# glue or no glue?



## gus (Oct 31, 2010)

i am making a modern bench using walnut and maple. it is basically a 2"x10"x50" walnut top with 2"x12"x20" maple legs with a mortise and tenon. another piece of walnut is fixed between the legs with a pegged tenon. i was planning to use a dowel through the overlap of the maple into the walnut, and another dowel through the end grain of the maple tenon into the peg. these dowels would lock everything together by themselves. *so my question is*; should i glue all of the joints or just glue or pressure fit the dowels? the joints and pegs are pretty darn tight.

here is my sketchup drawing:


----------



## 2bigfeet (Jan 24, 2011)

Short answer... glue.

Wood moves. You have a lot of different grain directions going on in that design, not to mention the different expansion/contraction coefficients between the two species of wood. I made a table top years ago made of white oak with dovetailed walnut end caps. Everyone of the tails broke. Learned the hard way.

Even with glue things will eventually loosen up regardless of design. Nature of the beast. The glue will buy you time.


----------



## gus (Oct 31, 2010)

thanks for the quick response. so where do you see the areas of concern regarding the expansion/contraction. i guess i am not too worried about things loosening up a little bit over the life. the design itself should keep things pretty much locked in place. 

so how much difference is there between walnut and maple when it comes to expansion/contraction?


----------



## Keith Mathewson (Sep 23, 2010)

Kerf the ends of your dowels & tenons, then drive wedges. Glue is fine but if the joinery is good and the wedges are properly done it won't become for decades, if ever.


----------



## gus (Oct 31, 2010)

Keith Mathewson said:


> Kerf the ends of your dowels & tenons, then drive wedges.
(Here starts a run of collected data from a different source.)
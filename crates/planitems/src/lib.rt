// What the lines of a plan's text have, place by place, and how their words are spelled: for what prints a plan and for what reads one.
#![tactic(auto)]

ghost use Rattle.std.specs.Prelude.{◌≡◌, ◌+◌, ◌-◌, ◌≤◌, length, take, drop};
ghost use Rattle.std.proofs.lemmas.List.Edits.{sets};
ghost use Rattle.text.specs.Lines.{is_word};
ghost use Rattle.planwords.specs.Items.{spelled, first_of, items_of};
ghost use Rattle.planwords.specs.TextPlan.{reason_text};
ghost use Rattle.planitems.specs.declared.TheConstants.{ITEMS, WORDS};

use planwords::{Item, Name, Reason};
use text::lines::is_word;
use text::put_bytes;

// Numbers of one byte, two and four that stand as they are.
const BYTE: Item = Item::Number {
    bytes: 1,
    columns: 0,
};

const SHORT: Item = Item::Number {
    bytes: 2,
    columns: 0,
};

const LONG: Item = Item::Number {
    bytes: 4,
    columns: 0,
};

// The number of a thing, a time and a rate, each in its columns.
const THING: Item = Item::Number {
    bytes: 1,
    columns: 2,
};

const TIME: Item = Item::Number {
    bytes: 4,
    columns: 7,
};

const RATE: Item = Item::Number {
    bytes: 2,
    columns: 5,
};

// What stands behind the first word of each kind's line, one line behind the other: a bus, of which the last two are kind 9's alone, the
// nodes, a module, a mode, a task, an invocation, a connection. Of lists apart the compiler would make a table of addresses, which is data.
const ITEMS: [Item; 44] = [
    Item::Word(Name::Kbit),
    LONG,
    Item::Word(Name::Overhead),
    SHORT,
    Item::Word(Name::Least),
    SHORT,
    Item::Word(Name::Largest),
    SHORT,
    Item::Word(Name::Gap),
    SHORT,
    Item::Word(Name::Resolution),
    LONG,
    Item::Word(Name::BitsPerByte),
    BYTE,
    BYTE,
    Item::Word(Name::On),
    Item::Word(Name::Node),
    BYTE,
    Item::Word(Name::Of),
    Item::Word(Name::Module),
    THING,
    Item::Word(Name::Period),
    TIME,
    Item::Word(Name::Switch),
    TIME,
    Item::Word(Name::Of),
    Item::Word(Name::Module),
    THING,
    Item::Word(Name::Bytes),
    BYTE,
    Item::Word(Name::Worst),
    TIME,
    Item::Word(Name::In),
    Item::Word(Name::Mode),
    THING,
    Item::Word(Name::Task),
    THING,
    Item::Word(Name::Rate),
    RATE,
    Item::Word(Name::Task),
    THING,
    Item::Word(Name::To),
    Item::Word(Name::Task),
    THING,
];

// A part of a row: from its first place to before `to`.
#[derive(Clone, Copy)]
struct Span {
    from: usize,
    to: usize,
}

// The word that the line of a kind begins with.
#[tactic(auto, unfolding(planwords::specs::Items::first_of, planwords::specs::Items::form_of, planwords::specs::Items::forms))]
pub fn first_of(kind: u8) -> Name
    ensures { result ≡ first_of kind }
{
    match kind {
        fields::nodes::KIND => Name::Nodes,
        fields::module::KIND => Name::Module,
        fields::mode::KIND => Name::Mode,
        fields::task::KIND => Name::Task,
        fields::invocation::KIND => Name::Run,
        fields::connection::KIND => Name::Connect,
        _ => Name::Bus,
    }
}

// Where a kind's line stands among the items.
#[tactic(auto, unfolding(planwords::specs::Items::items_of, planwords::specs::Items::form_of, planwords::specs::Items::forms))]
fn line_of(kind: u8) -> Span
    ensures within { (result.from ≤ result.to) × ((result.to ≤ 44) × (result.to - result.from ≤ 14)) }
    ensures items { take (result.to - result.from) (drop result.from ITEMS) ≡ items_of kind }
{
    match kind {
        fields::bus::KIND => Span { from: 0, to: 12 },
        fields::framed_bus::KIND => Span { from: 0, to: 14 },
        fields::nodes::KIND => Span { from: 14, to: 15 },
        fields::module::KIND => Span { from: 15, to: 18 },
        fields::mode::KIND => Span { from: 18, to: 25 },
        fields::task::KIND => Span { from: 25, to: 32 },
        fields::invocation::KIND => Span { from: 32, to: 39 },
        fields::connection::KIND => Span { from: 39, to: 44 },
        _ => Span { from: 0, to: 0 },
    }
}

// What stands behind that word.
pub fn items_of(kind: u8) -> &'static [Item]
    ensures all { result.now ≡ items_of kind }
    ensures few { length result.now ≤ 14 }
{
    let line = line_of(kind);
    &ITEMS[line.from..line.to]
}

// All words, one behind the other; of words apart there would be a table of addresses too.
const WORDS: [u8; 149] =
    *b"buskbit/soverhead-bytesleast-payloadlargest-payloadgap-bitsresolutionbits-per-bytenodesmoduleonnodemodeofperiodswitchtaskbytesworstruninrateconnectto";

// A word's part of them.
#[tactic(auto, unfolding(planwords::specs::Items::spelled))]
fn part_of(name: Name) -> Span
    ensures within { (result.from ≤ result.to) × ((result.to ≤ 149) × (result.to - result.from ≤ 15)) }
    ensures word { take (result.to - result.from) (drop result.from WORDS) ≡ spelled name }
{
    match name {
        Name::Bus => Span { from: 0, to: 3 },
        Name::Kbit => Span { from: 3, to: 9 },
        Name::Overhead => Span { from: 9, to: 23 },
        Name::Least => Span { from: 23, to: 36 },
        Name::Largest => Span { from: 36, to: 51 },
        Name::Gap => Span { from: 51, to: 59 },
        Name::Resolution => Span { from: 59, to: 69 },
        Name::BitsPerByte => Span { from: 69, to: 82 },
        Name::Nodes => Span { from: 82, to: 87 },
        Name::Module => Span { from: 87, to: 93 },
        Name::On => Span { from: 93, to: 95 },
        Name::Node => Span { from: 95, to: 99 },
        Name::Mode => Span { from: 99, to: 103 },
        Name::Of => Span { from: 103, to: 105 },
        Name::Period => Span { from: 105, to: 111 },
        Name::Switch => Span { from: 111, to: 117 },
        Name::Task => Span { from: 117, to: 121 },
        Name::Bytes => Span { from: 121, to: 126 },
        Name::Worst => Span { from: 126, to: 131 },
        Name::Run => Span { from: 131, to: 134 },
        Name::In => Span { from: 134, to: 136 },
        Name::Rate => Span { from: 136, to: 140 },
        Name::Connect => Span { from: 140, to: 147 },
        Name::To => Span { from: 147, to: 149 },
    }
}

// How a word is spelled.
fn spelled(name: Name) -> &'static [u8]
    ensures { (result.now ≡ spelled name) × (length result.now ≤ 15) }
{
    let part = part_of(name);
    &WORDS[part.from..part.to]
}

// A word from a place on; the place behind it.
pub fn put_name(out: &mut [u8], at: usize, name: Name) -> usize
    requires { at + 15 ≤ 18446744073709551615 }
    ensures out_after { (out.new ≡ sets out.old at (spelled name)) × (result ≡ at + length (spelled name)) }
    ensures few { result ≤ at + 15 }
{
    put_bytes(out, at, spelled(name))
}

// Whether a text is the word.
pub fn is_name(word: &[u8], name: Name) -> bool
    ensures { result ≡ is_word (spelled name) word.now }
{
    is_word(word, spelled(name))
}

// The words of a reason from a place on; the place behind them.
#[tactic(auto, unfolding(planwords::specs::TextPlan::reason_text))]
pub fn put_reason(out: &mut [u8], at: usize, why: Reason) -> usize
    requires { at + 25 ≤ 18446744073709551615 }
    ensures out_after { (out.new ≡ sets out.old at (reason_text why)) × (result ≡ at + length (reason_text why)) }
    ensures few { result ≤ at + 25 }
{
    match why {
        Reason::BusExpected => put_bytes(out, at, b"bus expected"),
        Reason::NodesExpected => put_bytes(out, at, b"nodes expected"),
        Reason::UnknownWord => put_bytes(out, at, b"unknown word"),
        Reason::OutOfOrder => put_bytes(out, at, b"out of order"),
        Reason::Expected(name) => {
            let end = put_name(&mut *out, at, name);
            put_bytes(out, end, b" expected")
        }
        Reason::NumberExpected => put_bytes(out, at, b"number expected"),
        Reason::NumberTooLarge => put_bytes(out, at, b"number too large"),
        Reason::EndExpected => put_bytes(out, at, b"end of line expected"),
    }
}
Glue is fine but if the joinery is good and the wedges are properly done it won't become for decades, if ever.


so what is the proper way to do the wedges? i have the grain running horizontally. or perpendicular to the main piece. is there a rule of thumb for orienting the grain with this type of joinery?


----------



## mdntrdr (Dec 22, 2009)

gus said:


> so what is the proper way to do the wedges? i have the grain running horizontally. or perpendicular to the main piece. is there a rule of thumb for orienting the grain with this type of joinery?


 
Your drawing, looks correct to me. :thumbsup:


----------



## Keith Mathewson (Sep 23, 2010)

Kerf parallel to grain.


----------



## GeorgeC (Jul 30, 2008)

2bigfeet said:


> Short answer... glue.
> 
> Wood moves. You have a lot of different grain directions going on in that design, not to mention the different expansion/contraction coefficients between the two species of wood. I made a table top years ago made of white oak with dovetailed walnut end caps. Everyone of the tails broke. Learned the hard way.
> 
> Even with glue things will eventually loosen up regardless of design. Nature of the beast. The glue will buy you time.


I think your analysis of wood moving is good. Using that logic I would come up with the answer of no glue. 
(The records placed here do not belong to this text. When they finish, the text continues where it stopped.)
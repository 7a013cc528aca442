// The fields of each kind of record (rule 2.4): its kind, where in the body each number begins, and how long the body is. A number
// begins where the one before it ends. Whoever reads or writes a body takes these from here; its contract says them by
// `Records.fields`, so that a wrong one is refused there.
#![tactic(auto)]

// How many bytes a number takes.
const U8: usize = 1;

const U16: usize = 2;

const U32: usize = 4;

// A record is the byte of its kind and its body (rule 2.2).
pub const BODY: usize = U8;

pub mod end {
    pub const KIND: u8 = 0;

    pub const LENGTH: usize = 0;

    pub const RECORD: usize = super::BODY + LENGTH;
}

pub mod bus {
    pub const KIND: u8 = 1;

    pub const RATE: usize = 0;

    pub const OVERHEAD: usize = RATE + super::U32;

    pub const LEAST: usize = OVERHEAD + super::U16;

    pub const MOST: usize = LEAST + super::U16;

    pub const GAP: usize = MOST + super::U16;

    pub const RESOLUTION: usize = GAP + super::U16;

    pub const LENGTH: usize = RESOLUTION + super::U32;
}

// A bus that says how many bits a byte takes: the numbers of `bus`, and this one behind them.
pub mod framed_bus {
    pub const KIND: u8 = 9;

    pub const BYTE_BITS: usize = super::bus::LENGTH;

    pub const LENGTH: usize = BYTE_BITS + super::U8;
}

pub mod nodes {
    pub const KIND: u8 = 2;

    pub const COUNT: usize = 0;

    pub const LENGTH: usize = COUNT + super::U8;
}

pub mod module {
    pub const KIND: u8 = 3;

    pub const NODE: usize = 0;

    pub const LENGTH: usize = NODE + super::U8;
}

pub mod mode {
    pub const KIND: u8 = 4;

    pub const HOME: usize = 0;

    pub const PERIOD: usize = HOME + super::U8;

    pub const SWITCH: usize = PERIOD + super::U32;

    pub const LENGTH: usize = SWITCH + super::U32;
}

pub mod task {
    pub const KIND: u8 = 5;

    pub const HOME: usize = 0;

    pub const SIZE: usize = HOME + super::U8;

    pub const WORST: usize = SIZE + super::U8;

    pub const LENGTH: usize = WORST + super::U32;
}

pub mod invocation {
    pub const KIND: u8 = 6;

    pub const MODE: usize = 0;

    pub const TASK: usize = MODE + super::U8;

    pub const RATE: usize = TASK + super::U8;

    pub const LENGTH: usize = RATE + super::U16;
}

pub mod connection {
    pub const KIND: u8 = 7;

    pub const PRODUCER: usize = 0;

    pub const CONSUMER: usize = PRODUCER + super::U8;

    pub const LENGTH: usize = CONSUMER + super::U8;
}

// A table's head; a table of the consumer edition has one of another kind, with the same numbers.
pub mod header {
    pub const KIND: u8 = 16;

    pub const CONSUMERS_KIND: u8 = 20;

    pub const PERIOD: usize = 0;

    pub const CONTROLS: usize = PERIOD + super::U32;

    pub const DATAS: usize = CONTROLS + super::U8;

    pub const LENGTH: usize = DATAS + super::U16;

    pub const RECORD: usize = super::BODY + LENGTH;
}

pub mod control_row {
    pub const KIND: u8 = 17;

    pub const NODE: usize = 0;

    pub const START: usize = NODE + super::U8;

    pub const STOP: usize = START + super::U32;

    pub const LENGTH: usize = STOP + super::U32;

    pub const RECORD: usize = super::BODY + LENGTH;
}

pub mod data_row {
    pub const KIND: u8 = 18;

    pub const TASK: usize = 0;

    pub const DEADLINE: usize = TASK + super::U8;

    pub const START: usize = DEADLINE + super::U32;

    pub const STOP: usize = START + super::U32;

    pub const LENGTH: usize = STOP + super::U32;

    pub const RECORD: usize = super::BODY + LENGTH;
}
I believe that your dovetil example and this table are different. 

George


----------



## cabinetman (Jul 5, 2007)

I'm looking at how you configured the wood and the grain orientation. The bench top is long grain and will E&C (expand and contract) in it's width. The standing leg will also E&C in its width. With the fitment of the top of the leg in the bench top, you have two different species moving. The likelihood of the rectangular tenon at the top of the leg, will create a gap, or push against the Walnut enough to break the outer Maple stops. Or, mayhem could come from just the Walnut, in creating a gap, or breaking off the outer wings. Gluing won't stop that if it's movement is inevitable.
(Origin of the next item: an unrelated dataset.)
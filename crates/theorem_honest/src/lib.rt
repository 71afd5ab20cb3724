// No code: a recovery run with honest nodes, whole.
#![tactic(auto)]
As for the doweled, pegged (wedged) stretcher with a tenon, I wouldn't dowel the wedge. If it's all fitted well, it would pull up tight. 












 







.


----------



## gus (Oct 31, 2010)

thanks everyone.

it was my original plan to use no glue. so that is what i will do. i feel like i do need the dowels in the top at least just to keep it secure. so i added the dowel (in my drawing) in the stretcher to give continuity. i have everything assembled now but am not 100% on using the dowels. what other options do you all see for securing the top? without glue..

oh, and in the drawing i was thinking i would use three woods. but ended up just using walnut for the wedge. so i planned on using a maple dowel there.


----------



## jfwernicke (Jan 11, 2008)

My bias would be to glue, but see that you shouldn't really need to. The thing to remember is that you can always glue later if needed, but it's hard to unglue. It's like adding salt or peppers to chili- you can always add spices, but can't get them out.


----------



## gus (Oct 31, 2010)

Keith Mathewson said:


> Kerf the ends of your dowels & tenons, then drive wedges.


Kieth, could you please explain this to me in more detail. specifically kerfing the dowels & tenons. tia


----------



## wormwood (Aug 6, 2008)

2bigfeet said:


> Short answer... glue.
> 
> Wood moves. You have a lot of different grain directions going on in that design, not to mention the different expansion/contraction coefficients between the two species of wood..


 
That's exactly why I wouldn't want to use glue. 

If you glue up parts with different expansion rate it will end in failure.

Accept the fact you have movement. Embrace it. Allow for it.


----------



## dribron (Jul 19, 2010)

I would deff glue, otherwise you would have too much movment over time which may possible dammage the wood.


----------



## woodnthings (Jan 24, 2009)

*we know you made the bench*

So what did you finally do.....glue or no glue? :blink: bill


----------



## gus (Oct 31, 2010)

*no glue*

sorry woodnthings, missed this one.

i ended up using no glue at all. you can see the pics in the "modern bench" thread in the projects. i turned the dowels using cut-offs from the main pieces. the upper dowels go through the walnut into the maple tenon about 1". the lower dowels go through the wedge and back into the stretcher again about 1". i like the idea of the dowels keeping it "locked" in place. everything is still very tight today. though it has not had much use.


----------